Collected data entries
══════════════════════════════
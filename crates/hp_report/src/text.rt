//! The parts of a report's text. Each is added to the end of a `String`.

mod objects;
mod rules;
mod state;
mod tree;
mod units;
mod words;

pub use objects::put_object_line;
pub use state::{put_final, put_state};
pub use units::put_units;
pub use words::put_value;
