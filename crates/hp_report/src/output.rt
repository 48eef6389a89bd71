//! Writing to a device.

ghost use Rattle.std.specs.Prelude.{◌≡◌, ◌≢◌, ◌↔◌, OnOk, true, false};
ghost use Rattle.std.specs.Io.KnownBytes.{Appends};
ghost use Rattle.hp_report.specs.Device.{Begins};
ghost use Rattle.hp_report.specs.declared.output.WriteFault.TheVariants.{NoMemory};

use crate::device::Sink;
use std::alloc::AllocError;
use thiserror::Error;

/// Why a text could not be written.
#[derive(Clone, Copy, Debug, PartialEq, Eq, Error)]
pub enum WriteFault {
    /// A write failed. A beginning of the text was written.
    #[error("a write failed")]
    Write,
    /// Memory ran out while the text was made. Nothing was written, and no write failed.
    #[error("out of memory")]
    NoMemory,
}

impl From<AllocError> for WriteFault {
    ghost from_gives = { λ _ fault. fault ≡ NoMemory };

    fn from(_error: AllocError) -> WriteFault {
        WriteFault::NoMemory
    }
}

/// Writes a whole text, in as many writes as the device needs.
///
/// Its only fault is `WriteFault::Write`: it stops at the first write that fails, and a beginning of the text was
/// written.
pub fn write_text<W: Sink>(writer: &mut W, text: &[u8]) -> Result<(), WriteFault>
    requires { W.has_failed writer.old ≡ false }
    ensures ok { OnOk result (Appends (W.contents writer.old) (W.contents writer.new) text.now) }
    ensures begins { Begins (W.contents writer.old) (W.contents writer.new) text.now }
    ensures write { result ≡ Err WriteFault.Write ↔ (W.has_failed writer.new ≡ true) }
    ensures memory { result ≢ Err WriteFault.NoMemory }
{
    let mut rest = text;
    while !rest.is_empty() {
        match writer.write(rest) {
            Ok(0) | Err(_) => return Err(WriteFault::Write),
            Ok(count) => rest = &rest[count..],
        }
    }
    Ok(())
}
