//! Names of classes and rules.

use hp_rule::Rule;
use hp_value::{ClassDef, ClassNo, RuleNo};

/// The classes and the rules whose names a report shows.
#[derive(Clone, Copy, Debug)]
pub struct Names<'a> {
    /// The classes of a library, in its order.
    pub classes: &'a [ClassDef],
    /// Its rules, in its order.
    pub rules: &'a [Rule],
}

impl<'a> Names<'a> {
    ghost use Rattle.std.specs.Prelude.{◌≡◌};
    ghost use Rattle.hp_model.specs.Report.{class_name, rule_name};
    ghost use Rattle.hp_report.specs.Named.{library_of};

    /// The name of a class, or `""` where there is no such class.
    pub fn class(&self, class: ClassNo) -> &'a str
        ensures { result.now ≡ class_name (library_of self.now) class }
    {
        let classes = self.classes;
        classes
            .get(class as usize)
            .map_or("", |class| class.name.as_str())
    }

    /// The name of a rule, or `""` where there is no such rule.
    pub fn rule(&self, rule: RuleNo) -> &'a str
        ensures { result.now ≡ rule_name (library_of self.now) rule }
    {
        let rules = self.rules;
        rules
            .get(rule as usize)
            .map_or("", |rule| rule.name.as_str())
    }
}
══════════════════════════════
(What you have to do): Your answer should be the records above, set down exactly.

(Output for this task):
filename crates/hp_report/src/text.rt
//! The parts of a report's text. Each is added to the end of a `String`.

mod objects;
mod rules;
mod state;
mod tree;
mod units;
mod words;

pub use objects::put_object_line;
pub use state::{put_final, put_state};
pub use units::put_units;
pub use words::put_value;
filename crates/hp_report/src/output.rt
repository 48eef6389a89bd71
//! Writing to a device.

ghost use Rattle.std.specs.Prelude.{◌≡◌, ◌≢◌, ◌↔◌, OnOk, true, false};
ghost use Rattle.std.specs.Io.KnownBytes.{Appends};
ghost use Rattle.hp_report.specs.Device.{Begins};
ghost use Rattle.hp_report.specs.declared.output.WriteFault.TheVariants.{NoMemory};

use crate::device::Sink;
use std::alloc::AllocError;
use thiserror::Error;

/// Why a text could not be written.
#[derive(Clone, Copy, Debug, PartialEq, Eq, Error)]
pub enum WriteFault {
    /// A write failed. A beginning of the text was written.
    #[error("a write failed")]
    Write,
    /// Memory ran out while the text was made. Nothing was written, and no write failed.
    #[error("out of memory")]
    NoMemory,
}

impl From<AllocError> for WriteFault {
    ghost from_gives = { λ _ fault. fault ≡ NoMemory };

    fn from(_error: AllocError) -> WriteFault {
        WriteFault::NoMemory
    }
}

/// Writes a whole text, in as many writes as the device needs.
///
/// Its only fault is `WriteFault::Write`: it stops at the first write that fails, and a beginning of the text was
/// written.
pub fn write_text<W: Sink>(writer: &mut W, text: &[u8]) -> Result<(), WriteFault>
    requires { W.has_failed writer.old ≡ false }
    ensures ok { OnOk result (Appends (W.contents writer.old) (W.contents writer.new) text.now) }
    ensures begins { Begins (W.contents writer.old) (W.contents writer.new) text.now }
    ensures write { result ≡ Err WriteFault.Write ↔ (W.has_failed writer.new ≡ true) }
    ensures memory { result ≢ Err WriteFault.NoMemory }
{
    let mut rest = text;
    while !rest.is_empty() {
        match writer.write(rest) {
            Ok(0) | Err(_) => return Err(WriteFault::Write),
            Ok(count) => rest = &rest[count..],
        }
    }
    Ok(())
}
//! Names of classes and rules.

use hp_rule::Rule;
use hp_value::{ClassDef, ClassNo, RuleNo};

/// The classes and the rules whose names a report shows.
#[derive(Clone, Copy, Debug)]
pub struct Names<'a> {
    /// The classes of a library, in its order.
    pub classes: &'a [ClassDef],
    /// Its rules, in its order.
    pub rules: &'a [Rule],
}

impl<'a> Names<'a> {
    ghost use Rattle.std.specs.Prelude.{◌≡◌};
    ghost use Rattle.hp_model.specs.Report.{class_name, rule_name};
    ghost use Rattle.hp_report.specs.Named.{library_of};

    /// The name of a class, or `""` where there is no such class.
    pub fn class(&self, class: ClassNo) -> &'a str
        ensures { result.now ≡ class_name (library_of self.now) class }
    {
        let classes = self.classes;
        classes
            .get(class as usize)
            .map_or("", |class| class.name.as_str())
    }

    /// The name of a rule, or `""` where there is no such rule.
    pub fn rule(&self, rule: RuleNo) -> &'a str
        ensures { result.now ≡ rule_name (library_of self.now) rule }
    {
        let rules = self.rules;
        rules
            .get(rule as usize)
            .map_or("", |rule| rule.name.as_str())
    }
}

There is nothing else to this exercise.